The goal of this study was to evaluate the effects on glucose homeostasis of combining rosuvastatin with ARBs of varying PPARgamma-activating potency in Greek adults with impaired fasting glucose, mixed dyslipidemia, and stage 1 hypertension.


This was a 24-week, randomized, open-label study. Inclusion criteria were impaired fasting plasma glucose (FPG) (100-125 mg/dL [5.6-6.9 mmol/L]), mixed dyslipidemia (LDL-C >160 mg/dL [4.14 mmol/L] and triglycerides >150 mg/dL [1.69 mmol/L]), and stage 1 hypertension (systolic blood pressure 140-159 mm Hg and/or diastolic blood pressure 90-99 mm Hg). After 12 weeks of dietary intervention, patients were randomly allocated to receive rosuvastatin 10 mg/d plus telmisartan 80 mg/d (RT group), irbesartan 300 mg/d (RI group), or olmesartan 20 mg/d (RO group) for 24 weeks. The primary end point was change in the following indices of glucose metabolism after 6 months of treatment: FPG, homeostasis model assessment of insulin resistance (HOMA-IR), HOMA of beta-cell function (HOMA-B), and glycosylated hemoglobin (HbA(1c)). Secondary end points included changes in anthropometric variables, blood pressure, serum lipids, and high-sensitivity C-reactive protein (hs-CRP). Tolerability was monitored throughout the study.
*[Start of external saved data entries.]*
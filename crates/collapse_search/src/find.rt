// The three entries of a collapse.
ghost use Rattle.std.specs.Prelude.{◌<◌, ◌≤◌, length};
ghost use Rattle.collapse_search.specs.Links.{lent, FoundTwo, FoundThree};
ghost use Rattle.base.specs.Limits.{group_entries};

use crate::links;
use base::limits;
use entries::Entry;

// The second and the third entry of a collapse.
#[derive(Drop)]
pub struct Two {
    pub second: usize,
    pub third: usize,
}

// The three entries of a collapse.
#[derive(Drop)]
pub struct Three {
    pub first: usize,
    pub second: usize,
    pub third: usize,
}

// The first entry after i that has a third, and its first third entry.
pub fn find_second(entries: &[Entry], w: u32, i: usize) -> Option<Two>
    requires { (length entries.now ≤ group_entries) × (i < length entries.now) }
    ensures { FoundTwo w (lent entries.now) i result }
{
    let e = &entries[i];
    if !e.is_live() || !links::any_apart(entries, e.mask) {
        return None;
    }
    let n = entries.len();
    let none = n as u16;
    let mut first = [none; links::FOLDS];
    let mut next = [0u16; limits::GROUP_ENTRIES];
    links::put_links(entries, e.mask, &mut first, &mut next);
    for j in i + 1..n {
        if let Some(third) = links::third_for(entries, &first, &next, i, j, w) {
            return Some(Two { second: j, third });
        }
    }
    None
}

// The first entry that has a second and a third, its first second, and the first third of both.
pub fn find_three(entries: &[Entry], w: u32) -> Option<Three>
    requires { length entries.now ≤ group_entries }
    ensures { FoundThree w (lent entries.now) result }
{
    if entries.len() < 3 {
        return None;
    }
    for first in 0..entries.len() {
        if let Some(two) = find_second(entries, w, first) {
            return Some(Three {
                first,
                second: two.second,
                third: two.third,
            });
        }
    }
    None
}
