// The three entries of a collapse: the third is found along links.
#![tactic(auto)]

pub mod find;
pub mod links;
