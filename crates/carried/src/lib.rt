// The coefficient of each bit of a group, the bits that carry it, and the new terms for them.
#![tactic(auto)]

ghost use Rattle.std.specs.Prelude.{◌≡◌, ◌<◌, ◌≤◌};
ghost use Rattle.record.specs.Decode.{decode};
ghost use Rattle.made.specs.Made.{Makes};
ghost use Rattle.structure_laws.specs.Carried.{bit_coeff, carry, carry_at, carried_of};
ghost use Rattle.structure_laws.specs.CoalesceTerms.{carried_rows};
ghost use Rattle.carried.specs.Coalescing.{carried_in, CarryReady, CarriedReady, IsCarried};
ghost use Rattle.carried.specs.Coalescing.{PutReady, carried_row, Coalesced};

use entries::Entry;
use group::{keys, settle};
use made::Made;
use views::bases;

// The sum of the coefficients whose masks have the bit p. It is cut only in the end. Each coefficient
// is added before the test, which then chooses between two numbers and needs no jump: the bits of masks
// may be like random ones.
fn bit_coeff(entries: &[Entry], p: u32, w: u32) -> u64
    requires { (p < 64) × (w ≤ 64) }
    ensures { result ≡ bit_coeff w entries.now p }
{
    let mut sum = 0;
    for e in entries {
        let more = std::num::wrapping_add_u64(sum, e.coeff);
        if (e.mask >> p) & 1 == 1 {
            sum = more;
        }
    }
    sum & arith::bitmask(w)
}

// The bit p joined to its coefficient c among the first `count`; returns how many there are.
fn carry(carried: &mut [u64], bits: &mut [u64], count: usize, c: u64, p: u32) -> usize
    requires { CarryReady p count carried.old bits.old }
    ensures { IsCarried (carry c p (carried_in count carried.old bits.old))
        carried.old bits.old carried.new bits.new result }
{
    let bit = 1 << p;
    match keys::place_of(carried, count, c) {
        Ok(k) => {
            bits[k] += bit;
            count
        }
        Err(k) => {
            bases::insert_at(carried, k, count, c);
            bases::insert_at(bits, k, count, bit);
            count + 1
        }
    }
}

// The same for the coefficient of the bit p in a group; 0 carries nothing.
fn carry_at(
    entries: &[Entry],
    w: u32,
    p: u32,
    carried: &mut [u64],
    bits: &mut [u64],
    count: usize,
) -> usize
    requires { (w ≤ 64) × CarryReady p count carried.old bits.old }
    ensures { IsCarried (carry_at w entries.now p
        (carried_in count carried.old bits.old))
        carried.old bits.old carried.new bits.new result }
{
    let c = bit_coeff(entries, p, w);
    if c == 0 {
        return count;
    }
    carry(carried, bits, count, c, p)
}

// Each coefficient of a bit, by rising coefficient, and the bits that carry it: at most w.
pub fn carried_of(entries: &[Entry], w: u32, carried: &mut [u64], bits: &mut [u64]) -> usize
    requires { CarriedReady w carried.old bits.old }
    ensures { IsCarried (carried_of w entries.now)
        carried.old bits.old carried.new bits.new result }
{
    let mut count = 0;
    for p in 0..w {
        count = carry_at(entries, w, p, carried, bits, count);
    }
    count
}

// One new term: a new masked atom, or the basis itself for all bits. A full table stays as it is.
fn put_term(
    c: u64,
    m: u64,
    b: &[u8],
    hash: u64,
    w: u8,
    made: &mut Made,
    coeffs: &mut [u64],
    out: &mut [u8],
)
    requires { Makes w 1 hash b.now made.old out.old }
    ensures { Coalesced w 0 1 (carried_row w (decode b.now) c m)
        made.old out.old coeffs.old
        made.new out.new coeffs.new }
{
    if made.table.full {
        return;
    }
    let width = u32::from(w);
    if m == arith::bitmask(width) {
        let row = bare::find_or_create_bare(made, out, b, hash, w);
        settle::add_word(coeffs, row, c, width);
        return;
    }
    let row = made.rows;
    made::create_masked(made, out, b, hash, m, w);
    settle::add_word(coeffs, row, c, width);
}

// The new terms: the first `count` coefficients with their bits.
pub fn put_carried(
    carried: &[u64],
    bits: &[u64],
    count: usize,
    b: &[u8],
    hash: u64,
    w: u8,
    made: &mut Made,
    coeffs: &mut [u64],
    out: &mut [u8],
)
    requires { PutReady w count hash carried.now bits.now b.now made.old out.old }
    ensures { Coalesced w 0 count (carried_rows w (decode b.now)
        (carried_in count carried.now bits.now))
        made.old out.old coeffs.old
        made.new out.new coeffs.new }
{
    for k in 0..count {
        put_term(carried[k], bits[k], b, hash, w, made, coeffs, out);
    }
}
After the 12-week dietary intervention, 151 white patients (78 female, 73 male) met the inclusion criteria and were randomized to receive RT (n = 52), RI (n = 48), or RO (n = 51). The mean (SD) age of the 3 groups was 60 (10), 60 (10), and 58 (12) years, respectively; their mean weight was 79 (11), 81 (12), and 78 (11) kg. At 6 months, the RT group had a 29% decrease in HOMA-IR (from a median [range] of 2.6 [0.6-6.6] to 1.8 [0.5-5.1]), the RI group had a 16% increase (from 2.5 [0.5-6.2] to 2.9 [0.5-8.1]), and the RO group had a 14% increase (from 2.4 [0.5-7.9] to 2.7 [0.5-5.2]) (all, P < 0.05 vs baseline). The improvement in the RT group was statistically significant compared with the RI group (P < 0.01) and the RO group (P < 0.05). The changes from baseline in FPG and HbA(1c) were not significant in any group. Fasting serum insulin decreased by 21% in the RT group (from 10.4 [2.4-28.1] to 8.2 [2.4-18.8] microU/mL), whereas it increased by 12% in the RI group (from 9.1 [2.0-26.5] to 10.2 [2.0-25.2] microU/mL) and by 8% in the RO group (from 10.1 [2.0-29.6] to 10.9 [2.0-19.1] microU/mL) (all, P < 0.05 vs baseline). Again, there was a significant difference between the RT group and the RI group (P < 0.01) and RO group (P < 0.05). Levels of hs-CRP decreased by 44% in the RT group (from 2.2 [0.3-7.9] to 1.2 [0.4-7.0] mg/L), by 12% in the RI group (from 2.2 [0.3-12.3] to 1.9 [0.2-11.4] mg/L), and by 22% in the RO group (from 2.1 [0.7-4.0] to 1.7 [0.7-6.2] mg/L). The difference was statistically significant for the RT group compared with baseline and with the RI and RO groups (all comparisons, P < 0.05). Blood pressure was significantly reduced from baseline in all 3 groups, with no significant differences between groups. No serious adverse events were reported during the study, nor were there any clinically significant elevations in aminotransferases or creatine kinase.


In this small, randomized, open-label study, the RT combination had favorable effects on HOMA-IR, fasting serum insulin, and hs-CRP compared with the RI and RO combinations in Greek adults with impaired fasting glucose, mixed hyperlipidemia, and stage 1 hypertension.